The waiter brings my gnocchi then, delicately arranged and tossed with parsley and Parmesan. I feel my father sit down across the table and fold his arms. His wrists are hairy beneath his shirtsleeves, the cuff links he always wore. I take a small bite. “Oh, that’s very good,” I say, and my father nods.
“Good, good,” the waiter says.
“Will you bring me another glass of wine?”
“Oh, no, no,” Javier protests, his hands illustrating his words, flying into the air. “Allow me to share. I will never drink it all myself.”
“Never?” I say.
“Well, perhaps. I’d rather share.”
I nod. The waiter smiles, as if it’s his doing. “I will be right back with your dinner, sir.”
The fragrance of garlic rises from the plate, and I take another bite. “This was one of my father’s specialties,” I offer, and it’s out before I realize I’m going to say it. “Gnocchi with peas and mushrooms. I used to roll them out for him.”
“Was he Italian, your father?” He leans over to pour wine into my now empty glass.
“Sicilian.”
“Your mother too?”
I glance at him. “You’re quite forward.”
“Not ordinarily.”
“Why now?”
He leans closer, and I see by the glitter in his eye that he’s going to say something bold. “Because my heart stopped when I saw you sitting here.”
I laugh, pleased by this extravagance.
“You think I am joking,” he says. “But I swear it is true.”
“I am not the type of woman who stops men’s hearts, but thank you.”
“You have not met the right men.”
I pause, fork hanging from my hand, elbow on the table.

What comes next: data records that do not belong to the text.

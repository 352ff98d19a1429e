// What a residue line holds.

// The record of one check sample of a compound. Its kind and compound are bytes, and no enums: `write`
// takes a record of any, and refuses it by rows 3 and 14.
#[derive(Clone, Copy)]
pub struct Record {
    pub kind: u8,
    pub year: u16,
    pub month: u8,
    pub days: u8,
    pub compound: u8,
    pub comparison: i16,
    // The result's log, in thousandths; none where it is lost.
    pub result: Option<i16>,
    pub count: u8,
}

Behind him, the sky is nearly dark, and the laughter around us has grown more robust. The shape of his mouth makes my skin rustle, and he has that elusive air that makes me think he will be very good in bed. “Maybe I haven’t.”
He grins at this, and an outrageous dimple breaks in his cheek. He has to lean back to allow the waiter to deliver his food. It’s a steaming plate of prawns and crayfish in risott
o. A good eater’s choice, as my father would have said. He had no patience with picky eaters, the vegetarians who were already dotting the landscape, the ones who didn’t eat fish or beef or particular vegetables. Eat it as it is, he would say with a sniff, or don’t eat. Only Dylan was allowed to be choosy. He hated capers and pickles and olives, avocado with a passion, and would rather have starved than eat egg whites or clams. In some way, he filled my father’s desire for a son, and for a long time he doted on Dylan.
Until he didn’t.
“Did your father cook for you often?” my companion asks.
“Not for me, exactly. He cooked for his restaurant. We grew up in there, eating whatever the special of the day was.”
“That seems like an interesting childhood. Did you like it?”
“Sometimes.” It’s easy to talk to this stranger, someone who will not remember a month from now what I said. I empty my glass and hold it out to him. He splashes in a heavy measure of wine. “Not always. It could be a little exhausting, and my parents were always wrapped up in that rather than their children.” Delicately, I balance a perfectly shaped gnocchi on my fork. “How did you grow up?”
He touches his lips with his napkin. “In the city. My mother taught school, and my father was a . . .” He frowns, his fingers rubbing together as if to pull the word from the air. “A clerk, you know, for the government.” His face brightens. “Bureaucrat.”
“You only?”
“No, no. Four of us. Three boys and a girl. I am second oldest.”
The one who needs attention, like me. Aloud, I say, “The oldest always gets everything.”
He inclines his head slightly, disagreeing. “Perhaps. My sister is the oldest, and she is not a demanding sort. She’s very quiet, afraid of the world.”
It’s my turn to be bold; the wine has loosened my inhibitions. We’re two strangers on holiday, and I don’t have my phone to amuse me. “Why?”
His face shutters, and he looks down. He shakes his head.
“Sorry,” I say. “Too far.”
“No, no.” He reaches across the small space and touches my forearm. “She was kidnapped when she was small, so small that no one knows what happened to her. She was not the same after that.”